Better education also improves quality of life.
example of human capital
India’s improved education system is often cited as one of the main contributors to its economic development. Much of the progress, especially in higher education and scientific research, has been credited to various public institutions.
evaluation of developing human capital
time lag
brain drain
2- protectionism
Protectionism allows domestic industries to grow by keeping foreign goods out and protects them from strong competition.
They can use a policy of import substitution, where they deliberately attempt to replace imported goods with domestically produced goods by adopting protectionist measures.
This will create jobs in the short run and will allow the industry to develop, perhaps to the extent where the barriers can be removed, and the industry can compete globally.
example of protectionism
Trade-weighted average import tariff rate of Ethiopia = 14%, India = 15%
In order to protect industries and raise government revenue
evaluation of protectionism
it means countries lose out from the benefits of specialisation and comparative advantage and could cause inefficiency, since domestic producers suffer from a lack of competition. Other countries are likely to retaliate.
3- managed exchange rate
The currency could be fixed against a number of different exchange rates.
Can introduce high exchange rates for the import of essential products and lower exchange rates for others. This will mean that the price within the country is low, which helps to reduce poverty if the goods are consumer goods and encourages investment if they are capital goods.

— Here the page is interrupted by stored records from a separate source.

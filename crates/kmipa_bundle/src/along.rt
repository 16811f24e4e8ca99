//! The places of a call, taken along any order of them.

ghost use Rattle.std.specs.Prelude.{◌≡◌, ◌<◌, ◌≤◌, ◌+◌, All, IfSome, Some, true, length, map, slice_get};
ghost use Rattle.std.specs.List.{list_all};
ghost use Rattle.kmipa_store.specs.Choices.{IsSound};
ghost use Rattle.kmipa_msgs.specs.Messages.{maybe_lent, rules_of};
ghost use Rattle.kmipa_passed.specs.Leaving.{held_of};
ghost use Rattle.kmipa_batch.specs.Orders.{order_given};
ghost use Rattle.kmipa_batch.specs.Running.{places_of, refused_at};
ghost use Rattle.kmipa_aside.specs.Becoming.{stand_in};
ghost use Rattle.kmipa_aside.specs.Sights.{sight_of};
ghost use Rattle.kmipa_places.specs.Places.{place_of};
ghost use Rattle.kmipa_bundle.specs.Counts.{counted_there, counts_of, total};
ghost use Rattle.kmipa_bundle.specs.Refusals.{is_readable_at};
ghost use Rattle.kmipa_bundle.specs.Running.{AlongTaken, GoesThere, TakenThere};

use crate::counts::Counts;
use crate::place::take_place;
use crate::progress::Progress;
use crate::ruling::ruling_of;
use kmipa_aside::Sight;
use kmipa_batch::CallRefusal;
use kmipa_msgs::Rules;
use kmipa_ops::Refusal;
use kmipa_passed::Held;
use kmipa_places::Readable;
use kmipa_store::Ledger;
use std::alloc::Global;

/// Takes the places of a call in this order, counted from 1, or else the first `count` by place, and counts them. The ID Placeholder is empty
/// at the start.
pub(crate) fn take_along<'p, L: Ledger>(
    alloc: Global,
    ledger: &mut L,
    sight: Sight<'_, 'p>,
    call: &'p Readable<'p>,
    places: Option<&[usize]>,
    count: usize,
) -> Result<Counts, CallRefusal>
    requires sound { IsSound (L.state ledger.old).now }
    requires readable { list_all is_readable_at (map place_of call.now.places.items) ≡ true }
    requires counted { length (places_of (order_given (maybe_lent places)) count) ≡ count }
    requires from_one { IfSome (maybe_lent places) (λ ps. All (λ p. 1 ≤ p) ps) }
    ensures { AlongTaken (sight_of sight.entry) call.now.stamp (L.state ledger.old) (map place_of call.now.places.items)
        (places_of (order_given (maybe_lent places.entry)) count) result (L.state ledger.new) }
{
    let mut progress = Progress {
        held: Held::Empty,
        counts: Counts::new(),
    };
    for position in 0..count {
        let place = place_at(places, position);
        match go_there(alloc, ledger, sight, call, progress, place) {
            Ok(after) => progress = after,
            Err(refusal) => return Err(reported_at(place, refusal)),
        }
    }
    Ok(progress.counts)
}

/// The place, from 0, that stands at a position of the order.
fn place_at(places: Option<&[usize]>, position: usize) -> usize
    requires last { position < usize.MAX }
    requires within { IfSome (maybe_lent places) (λ ps. position < length ps) }
    requires from_one { IfSome (maybe_lent places) (λ ps. All (λ p. 1 ≤ p) ps) }
    ensures there { slice_get (places_of (order_given (maybe_lent places.entry)) (position + 1)) position
        ≡ Some result }
    ensures last { result < usize.MAX }
{
    match places {
        None => position,
        Some(places) => places[position] - 1,
    }
}

/// Takes a place, where there is one, and counts it.
fn go_there<'p, L: Ledger>(
    alloc: Global,
    ledger: &mut L,
    sight: Sight<'_, 'p>,
    call: &'p Readable<'p>,
    before: Progress<'p>,
    place: usize,
) -> Result<Progress<'p>, Refusal>
    requires sound { IsSound (L.state ledger.old).now }
    requires readable { list_all is_readable_at (map place_of call.now.places.items) ≡ true }
    requires few { total (counts_of before.counts) < usize.MAX }
    ensures { GoesThere (sight_of sight.entry) (L.state ledger.old) before.entry call.now.stamp
        (slice_get (map place_of call.now.places.items) place) result (L.state ledger.new) }
{
    let counts = count_there(ledger, sight.rules, call, before, place);
    match take_there(alloc, ledger, sight, call, before.held, place) {
        Ok(held) => Ok(Progress { held, counts }),
        Err(refusal) => Err(refusal),
    }
}

/// Counts a place, where there is one, as it stands.
pub(crate) fn count_there<'p, L: Ledger>(
    ledger: &L,
    rules: &Rules,
    call: &'p Readable<'p>,
    before: Progress<'p>,
    place: usize,
) -> Counts
    requires few { total (counts_of before.counts) < usize.MAX }
    ensures { counts_of result ≡ counted_there (rules_of rules.now) (stand_in (L.state ledger.now).now)
        (held_of before.entry.held) (slice_get (map place_of call.now.places.items) place)
        (counts_of before.entry.counts) }
{
    match call.places.get(place) {
        Some(there) => {
            let ruling = ruling_of(ledger, rules, before.held, there);
            before.counts.add(ruling)
        }
        None => before.counts,
    }
}

/// Takes a place, where there is one, and answers what the ID Placeholder holds behind it.
fn take_there<'p, L: Ledger>(
    alloc: Global,
    ledger: &mut L,
    sight: Sight<'_, 'p>,
    call: &'p Readable<'p>,
    before: Held<'p>,
    place: usize,
) -> Result<Held<'p>, Refusal>
    requires sound { IsSound (L.state ledger.old).now }
    requires readable { list_all is_readable_at (map place_of call.now.places.items) ≡ true }
    ensures { TakenThere (sight_of sight.entry) (L.state ledger.old) (held_of before.entry) call.now.stamp
        (slice_get (map place_of call.now.places.items) place) result (L.state ledger.new) }
{
    let Some(there) = call.places.get(place) else {
        return Ok(before);
    };
    let t = stamp_of(call);
    take_place(alloc, ledger, sight, t, before, there)
}

fn stamp_of(call: &Readable) -> i64
    ensures { result ≡ call.now.stamp }
{
    call.stamp
}

/// A refusal of the place, which is reported from 1.
fn reported_at(place: usize, refusal: Refusal) -> CallRefusal
    requires { place < usize.MAX }
    ensures { result ≡ refused_at place refusal }
{
    match refusal {
        Refusal::Impossible(why) => CallRefusal::Impossible(place + 1, why),
        Refusal::Memory => CallRefusal::Memory,
    }
}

A lower exchange rate for other imports will mean that the price of these goods within the country is higher, discouraging their import and encouraging consumers to buy from domestic producers.
example of managed exchange rate
Ethiopia has a managed exchange rate, pegged to USD, as USD appreciated, so too has Ethiopia’s currency, leading to low prices in the country, helping to reduce poverty and encourage investments.
evaluation of managed exchange rate
they often fail to work in practice; black markets in foreign exchange develop which can destabilise the system and corruption becomes an issue when government officials buy currency at one exchange rate and sell it for profit at another.
4- infrastructure development
Infrastructure is essential for development; a country needs roads, airports, schools, hospitals, railways, etc.
it reduces transaction costs and trade costs, improving competitiveness, also makes country more attractive for FDI
direct investment in infrastructure creates production facilities and stimulates economic activities
example of infrastructure development
India plans to spend US$ 1.4 trillion on infrastructure during 2019-23 to have a sustainable development of the country
evaluation of infrastructure development
Infrastructure tends to suffer from the free-rider problem and has very high capital costs, making it unlikely the private sector will develop it.
government may not have the funds to provide the infrastructure and it is argued that they may be inefficient. Infrastructure projects are often associated with bribery and corruption, cause environmental damage and may be poorly built and maintained.
5- Promoting joint ventures with global companies
One way to reduce the exploitation of countries as a result of FDI would be to set up a joint venture.
The government may insist that firms setting up production plants in their country find a local partner to create a jointly owned company with. This will help to keep some of the profits generated within the country , which can be used in investment, leading the development and growth.
example of joint venture with global companies
Tata Starbucks Pvt.Ltd is a joint venture company with Starbucks in India, Starbucks entered the India market through a partnership with Tata Global Beverages in 2012.